刀をうちながら晋悟は客同士の会話に耳を傾けていた。鍛冶屋に来る客はどうにもお喋りが多く、彼にとっての貴重な情報源だ。


しかし、辻斬りが横行しているのは、総助が家に引きこもっているのも要因のひとつだろうな。

あれから2週間経ったが、総助はいまだに眠ることはままならず、町を出歩くなんてもってのほかという状態が続いていた。


夜な夜な辻斬りを返り討ちにしていたはずの総助がいなくなれば、そりゃあ横行もするだろう。


それにしても、見廻り組が派閥争いとは。

見廻り組はこの辺りの治安維持を担う警務部隊で、晋悟は見廻り組隊長と少なからず面識がある。


(見廻り組の隊長が彼でなくなるのは困るなぁ)


それはなにも情や優しさといった類いの話ではなく、総助が人を斬ったりする度に隊長にそれとなく揉み消してもらっているからだ。

この前の教会での一件も総助がやったとわかっていながらあの隊長は犯人不明で片を付けた。

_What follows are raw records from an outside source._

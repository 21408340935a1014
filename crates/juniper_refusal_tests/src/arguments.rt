//! What a resolver gets of its arguments while memory is wanting (section 6.4.1 of the Specification).

use crate::inputs::{Input, Scalar, ending, read_input};
use crate::turns::{Ended, Room, Task, Turn, tried};
use indexmap::IndexMap;
use juniper_language::{Span, Spanning};
use juniper_values::{Arguments, FieldError, FromInputValue, IntoFieldError, ResolveError};
use std::alloc::{AllocError, Global};
use std::fmt::Debug;
use std::marker::PhantomData;

/// Arguments, of which `n` is got as a `T`; a copy of its value, and what is answered.
#[derive(Drop)]
struct Getting<'a, T> {
    arguments: Arguments<'a, Scalar>,
    copy: &'a Input,
    expected: &'static str,
    of_type: PhantomData<T>,
}

impl<'a, T> Task for Getting<'a, T>
where
    T: FromInputValue<Scalar> + Debug,
    T::Error: IntoFieldError<Scalar>,
{
    fn turn(&mut self, alloc: Global, room: Room) -> Turn {
        let held_back = room.hold_back(alloc);
        let outcome = self.arguments.get::<T>(alloc, "n");
        drop(held_back);
        if is_kept(self.arguments.get_input_value("n"), self.copy) {
            ending(alloc, told(outcome), self.expected)
        } else {
            Turn::Wrong
        }
    }
}

/// Whether this value is there.
fn is_kept(kept: Option<&Spanning<Input, Span>>, value: &Input) -> bool {
    match kept {
        Some(kept) => kept.item == *value,
        None => false,
    }
}

/// What was got, or the error of the field; an error where memory is wanting.
fn told<T: FromInputValue<Scalar>>(
    got: Result<Option<T>, ResolveError<Scalar>>,
) -> Result<Result<Option<T>, FieldError<Scalar>>, AllocError> {
    match got {
        Ok(found) => Ok(Ok(found)),
        Err(ResolveError::Field(error)) => Ok(Err(error)),
        Err(ResolveError::Memory) => Err(AllocError),
    }
}

/// How the turns ended in which the value of a text is got as a `T`.
fn got<T>(alloc: Global, text: &str, expected: &'static str) -> Result<Ended, AllocError>
where
    T: FromInputValue<Scalar> + Debug,
    T::Error: IntoFieldError<Scalar>,
{
    let copy = read_input(alloc, text)?;
    let mut getting = Getting::<T> {
        arguments: arguments_of(alloc, copy)?,
        copy,
        expected,
        of_type: PhantomData,
    };
    tried(alloc, &mut getting)
}

/// Arguments of which `n` has this value.
fn arguments_of<'a>(alloc: Global, value: &Input) -> Result<Arguments<'a, Scalar>, AllocError> {
    let mut given = IndexMap::new(alloc);
    drop(given.insert("n", Spanning::unlocated(value.try_clone(alloc)?))?);
    Arguments::new(alloc, Some(given), None)
}

#[test]
fn lists_are_got(rt: HostRuntime) {
    let text =
        r#"["the first of the texts that are read", "the second of the texts that are read", "the third of them", "the fourth of them", "the fifth"]"#;
    let expected =
        r#"Ok(Some(["the first of the texts that are read", "the second of the texts that are read", "the third of them", "the fourth of them", "the fifth"]))"#;
    assert_eq!(rt;
        got::<Vec<String>>(rt.alloc(), text, expected),
        Ok(Ended::Answered)
    );
}

#[test]
fn another_scalar_is_an_error_of_the_field(rt: HostRuntime) {
    let text =
        r#"["the first of the texts that are read", "the second of the texts that are read", "the third of them", "the fourth of them", "the fifth", true]"#;
    let expected =
        r#"Err(FieldError { message: "Expected `String`, found another scalar", extensions: Null })"#;
    assert_eq!(rt;
        got::<Vec<String>>(rt.alloc(), text, expected),
        Ok(Ended::Answered)
    );
}

#[test]
fn too_few_are_an_error_of_the_field(rt: HostRuntime) {
    let text =
        r#"[["the first of the texts, which is so long that memory is wanting for it alone in some turns"], ["the second of the texts, which is as long, so that there are turns in which the first is read"], ["the third of them"], ["the fourth", "the fifth"]]"#;
    let expected =
        r#"Err(FieldError { message: "Failed to convert into exact-size array: wrong elements count: 2 instead of 1", extensions: Null })"#;
    assert_eq!(rt;
        got::<Vec<[String; 1]>>(rt.alloc(), text, expected),
        Ok(Ended::Answered)
    );
}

晋悟にとって非常に都合のいい、話のわかる隊長なのだ。


(さて、どうしたものか。)


権謀術数をめぐらす晋悟の瞳には青い光が映っている。



――ところかわって、総助の家。

教会での一件以来、街を歩ける精神状態でなくなった総助は縁側に座りただじっとする日々を送っていた。


「団子屋で見ないと思えば、家に引きこもっているとはな」


ピクッ


いつの間に俺のとなりに座っていたんだこの男は。


「気配なく隣に座るのやめてくれねぇかな、時雨」


顔をあげれば、よく団子屋で一緒になる見知った顔。

あの日晋悟の鍛冶屋でも会った時雨がいた。


「また団子屋でと言ったのに、全然顔を出さないからだ」


「悪かった、ちょっとな」


「顔色が悪い。何かあったか?」


時雨は基本無口で冷静、笑顔など微塵も見せない人間だが、その実、優しい。団子屋で毎日のように団子を買っていくのも決して自分のためではなく、仕える主に喜んでもらいたい一心だ。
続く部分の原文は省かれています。